REPUBLIKA.CO.ID, JAKARTA -- Wakil Ketua Dewan Syariah Nasional (DSN) Majelis Ulama Indonesia (MUI), Adiwarman Karim, menyatakan sistem asuransi dalam Badan Penyelenggara Jaminan Sosial (BPJS) Kesehatan ada dua perbedaan. Hal tersebut ia utarakan terkait sistem konvensional dan syariah untuk BPJS Kesehatan.
“Perbedaan antara syariah dengan konvensional itu ada dua, proteksi dan cara investasinya,” kata Adiwarman kepada ROL, Jumat (31/7).
Ia menjelaskan dari segi proteksi, sistem syariah ilmunya harus menggunakan risk sharing atau berbagi risiko. Dalam syariah, lanjut Adiwarman, harus mementingkan status uang yang dibayarkan oleh peserta BPJS karena uang tersebut milik peserta secara kolektif bukan milik BPJS.
Untuk itu, ia menilai pengelolaannya harus ada pemisahan mengenai uang yang dibayarkan peserta BPJS dan mana yang milik BPJS. “Kalau di syariah harus dipisah, kalau nggak itu jadi nggak sesuai syariah,” kata Adiwarman menjelaskan.
Selain itu, mengenai cara investasinya, ia menjelaskan uang-uang yang dibayarkan peserta BPJS harus dinvestaikan kepada instrumen-instrumen yang syariah. Ia menganggap kedua hal tersebut menjadi dua perbedaan mendasar mengenai syariah dan konvensional.

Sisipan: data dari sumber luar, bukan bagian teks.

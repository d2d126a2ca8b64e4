//! Constructors and kinds put together from their parts.
ghost use Rattle.std.specs.Prelude.{◌≡◌, IfOk};
ghost use Rattle.con_terms.specs.Equal.{mapped as mapped_row};
ghost use Rattle.con_terms.specs.Trees as tree;
ghost use Rattle.con_terms.specs.View.{con_tree, kind_tree};

use crate::made;
use con_terms::{Con, Kind, Pair};
use std::alloc::{AllocError, Global};

/// `from -> to`
pub fn arrow(alloc: Global, from: Con, to: Con) -> Result<Con, AllocError>
    ensures { IfOk result (λ new. con_tree new ≡ tree.arrow (con_tree from) (con_tree to)) }
{
    made::arrow(alloc, Ok(from), Ok(to))
}

/// `x :: kind -> body`, or `x ::: kind -> body` where it is implicit
pub fn poly(alloc: Global, implicit: bool, kind: Kind, body: Con) -> Result<Con, AllocError>
    ensures { IfOk result (λ new. con_tree new ≡ tree.poly implicit (kind_tree kind) (con_tree body)) }
{
    made::poly(alloc, implicit, Ok(kind), Ok(body))
}

/// `[left ~ right] => body`
pub fn guarded(alloc: Global, left: Con, right: Con, body: Con) -> Result<Con, AllocError>
    ensures { IfOk result (λ new. con_tree new ≡ tree.guarded (con_tree left) (con_tree right) (con_tree body)) }
{
    made::guarded(alloc, Ok(left), Ok(right), Ok(body))
}

/// `$row`
pub fn record(alloc: Global, row: Con) -> Result<Con, AllocError>
    ensures { IfOk result (λ new. con_tree new ≡ tree.record_of (con_tree row)) }
{
    made::record(alloc, Ok(row))
}

/// `function argument`
pub fn applied(alloc: Global, function: Con, argument: Con) -> Result<Con, AllocError>
    ensures { IfOk result (λ new. con_tree new ≡ tree.app (con_tree function) (con_tree argument)) }
{
    made::applied(alloc, Ok(function), Ok(argument))
}

/// `left ++ right`
pub fn joined(alloc: Global, left: Con, right: Con) -> Result<Con, AllocError>
    ensures { IfOk result (λ new. con_tree new ≡ tree.cat (con_tree left) (con_tree right)) }
{
    made::joined(alloc, Ok(left), Ok(right))
}

/// `fn x :: kind => body`
pub fn lambda(alloc: Global, kind: Kind, body: Con) -> Result<Con, AllocError>
    ensures { IfOk result (λ new. con_tree new ≡ tree.lambda (kind_tree kind) (con_tree body)) }
{
    made::lambda(alloc, Ok(kind), Ok(body))
}

/// `map function row`, where the function takes the first kind to the second
pub fn mapped(
    alloc: Global,
    from: Kind,
    to: Kind,
    function: Con,
    row: Con,
) -> Result<Con, AllocError>
    ensures { IfOk result (λ new. con_tree new ≡
        mapped_row (kind_tree from) (kind_tree to) (con_tree function) (con_tree row)) }
{
    let map = made::map_of(alloc, Ok(from), Ok(to));
    let at_function = made::applied(alloc, map, Ok(function));
    made::applied(alloc, at_function, Ok(row))
}

/// `[]`, whose values would have this kind
pub fn empty_row(alloc: Global, kind: Kind) -> Result<Con, AllocError>
    ensures { IfOk result (λ new. con_tree new ≡ tree.row (kind_tree kind) tree.no_pairs) }
{
    made::empty_row(alloc, Ok(kind))
}

/// `[name = value]`, where the value has this kind
pub fn field_row(alloc: Global, kind: Kind, name: Con, value: Con) -> Result<Con, AllocError>
    ensures { IfOk result (λ new. con_tree new ≡
        tree.row (kind_tree kind) (tree.pair (con_tree name) (con_tree value) tree.no_pairs)) }
{
    made::field_row(alloc, Ok(kind), Ok(name), Ok(value))
}

/// `[first = value, second = other]`, where the values have this kind
pub fn two_field_row(
    alloc: Global,
    kind: Kind,
    first: Pair,
    second: Pair,
) -> Result<Con, AllocError>
    ensures { IfOk result (λ new. con_tree new ≡ tree.row (kind_tree kind)
        (tree.pair (con_tree first.name) (con_tree first.value) (tree.pair (con_tree second.name)
        (con_tree second.value) tree.no_pairs))) }
{
    made::two_field_row(alloc, Ok(kind), Ok(first), Ok(second))
}

/// `{kind}`
pub fn row_kind(alloc: Global, kind: Kind) -> Result<Kind, AllocError>
    ensures { IfOk result (λ new. kind_tree new ≡ tree.row_of (kind_tree kind)) }
{
    made::row_kind(alloc, Ok(kind))
}

/// `from -> to`
pub fn arrow_kind(alloc: Global, from: Kind, to: Kind) -> Result<Kind, AllocError>
    ensures { IfOk result (λ new. kind_tree new ≡ tree.to (kind_tree from) (kind_tree to)) }
{
    made::arrow_kind(alloc, Ok(from), Ok(to))
}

“Kalau produknya syariah, instrumennya harus syariah, kalau kita lihat dari laporan keuangan BPJS kan kita lihat diinvestasikan di instrumen-instrumen di luar syariah,” katanya.
Sebelumnya, MUI mengeluarkan fatwa menilai sistem program BPJS tak sesuai dengan ketentuan Islam. Untuk itu, MUI menyarankan kepada pemerintah untuk membuat BPJS syariah agar bisa sesuai dengan prinsip Islam.